* [EXERCISE AIM]: Look for "past" in each line of the records, and copy the lines that have it.

^^^^

ghost use Rattle.std.specs.Prelude.{◌≡◌, ◌++◌, ◌∷◌, [], IfOk, OnOk};

use match_expr::{Expr, Primitive};
use std::alloc::{AllocError, Global};

/// Puts copies of the expressions behind the others.
pub fn push_copies<P: Primitive>(
    alloc: Global,
    parts: &mut Vec<Expr<P>>,
    more: &[Expr<P>],
) -> Result<(), AllocError>
    ensures { OnOk result (parts.new.items ≡ parts.old.items ++ more.now) }
{
    for part in more {
        parts.push(part.copy(alloc)?)?;
    }
    Ok(())
}

/// Copies of the parts, and of the expression behind them.
pub fn behind<P: Primitive>(
    alloc: Global,
    past: &[Expr<P>],
    e: &Expr<P>,
) -> Result<Vec<Expr<P>>, AllocError>
    ensures { IfOk result (λ v. v.items ≡ past.now ++ e.now ∷ []) }
{
    let mut parts = Vec::new(alloc);
    push_copies(alloc, &mut parts, past)?;
    parts.push(e.copy(alloc)?)?;
    Ok(parts)
}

^^^^

* [RESPONSE]:
    past: &[Expr<P>],
    ensures { IfOk result (λ v. v.items ≡ past.now ++ e.now ∷ []) }
    push_copies(alloc, &mut parts, past)?;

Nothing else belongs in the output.